La expresión _para nada,_ en lugar de _en absoluto_, es muy informal.


----------



## Juan Jacob Vilalta

Pinairun said:


> La expresión _para nada,_ en lugar de _en absoluto_, es muy informal.


 
Para nada, en México.


----------



## smackers

NUEVA PREGUNTA
Hilos  unidos
Comprobar siempre si no hay hilos ya abiertos.*


*​que alguien me traduzca esta oracion por favor

_J'aime beaucoup la vie *Me gusta mucho la vida*_
_pas du tout l'ennui ..*.(aqui no entiendo)*_

gracias por adelantado!


----------



## Pohana

_Me gusta....
(No me gusta) para nada/en lo absoluto el aburrimiento_...


----------



## Thetutub21

*NUEVA PREGUNTA*​
Bonjour à tous,
J'aurais voulu savoir comment traduire la phrase "Pour moi, ce n'est pas du tout la même  chose !" en espagnol.

J’avais pensé à :

  Para mí, ¡ No es absoluto lo mismo !

 Para mí, ¡ no es todo lo mismo ! 

Merci.


----------



## Gévy

Bonjour Thetutub21,

Bienvenue parmi nous !

Comme tu le vois, cette question a déjà été posée et répondue plusieurs fois suivant les contextes.

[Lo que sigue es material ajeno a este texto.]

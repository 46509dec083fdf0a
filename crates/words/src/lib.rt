//! The words that a program is started with, and what stands in one.
#![tactic(auto)]

ghost use Rattle.std.specs.Prelude.{◌≡◌, ◌≤◌, map, IfSome};
ghost use Rattle.std.specs.String.{string_bytes};
ghost use Rattle.words.specs.Words.{number_between, word_at};

pub mod laws;

use peg_text::read_decimal;

/// The bytes of a word, numbered from 0, and none where there is no such word.
pub fn bytes_at(words: &[String], at: usize) -> &[u8]
    ensures { result.now ≡ word_at (map string_bytes words.now) at }
{
    match words.get(at) {
        Some(word) => word.as_bytes(),
        None => b"",
    }
}

/// The number that a text writes in decimal, if it is from `least` to `most`. Leading zeros are accepted.
pub fn number_between(least: u64, most: u64, text: &[u8]) -> Option<u64>
    ensures value { result ≡ number_between least most text.now }
    ensures at_least { IfSome result (λ number. least ≤ number) }
    ensures at_most { IfSome result (λ number. number ≤ most) }
{
    let number = read_decimal(text)?;
    if number < least || number > most {
        return None;
    }
    Some(number)
}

Je pense que si tu le lis depuis le début, tu trouveras la solution. 

Bisous,

Gévy (modéradora)


----------



## laura madrid

Buenas tardes,
Hace poco me surgio una duda sobre la expresin "pas du tout". Se perfectamente lo que significa, "en absoluto","para nada". Marca una gradación, la intensidad, es un punto terminus de la negación. 
¿Esta expresión puede tener alguna conotación negativa, puede tener otros sentidos?
Gracias de antemano


----------



## Gévy

Hola Laura Madrid:

Tu pregunta no está nada clara: una negación tiene siempre una connotación negativa. 
Danos una frase en francés para que veamos qué quieres y tu propia traducción... Nos ayudará a entender tu problema.

Bisous,

Gévy (moderadora)


----------



## laura madrid

cuando digo conotacion negativa, pienso en alguna conotacion mala, peligrosa..rara(a lo mejor "gros mot")
Por ejemplo en el contexto:
"-Mais tu vas vendre aussi des ordinateurs au Maroc?
-Oh, non...pas du tout!"
Personalmente yo veo este contexto muy normal,sin nada raro 

"-Vas a vender tu también ordenadores en Marruecos?
-Oh, no....en absoluto./para nada"


----------



## Víctor Pérez

Estate tranquila, *Laura*: la expresión *pas du tout* es tan usual como inofensiva y la puedes utilizar tanto cuanto quieras. 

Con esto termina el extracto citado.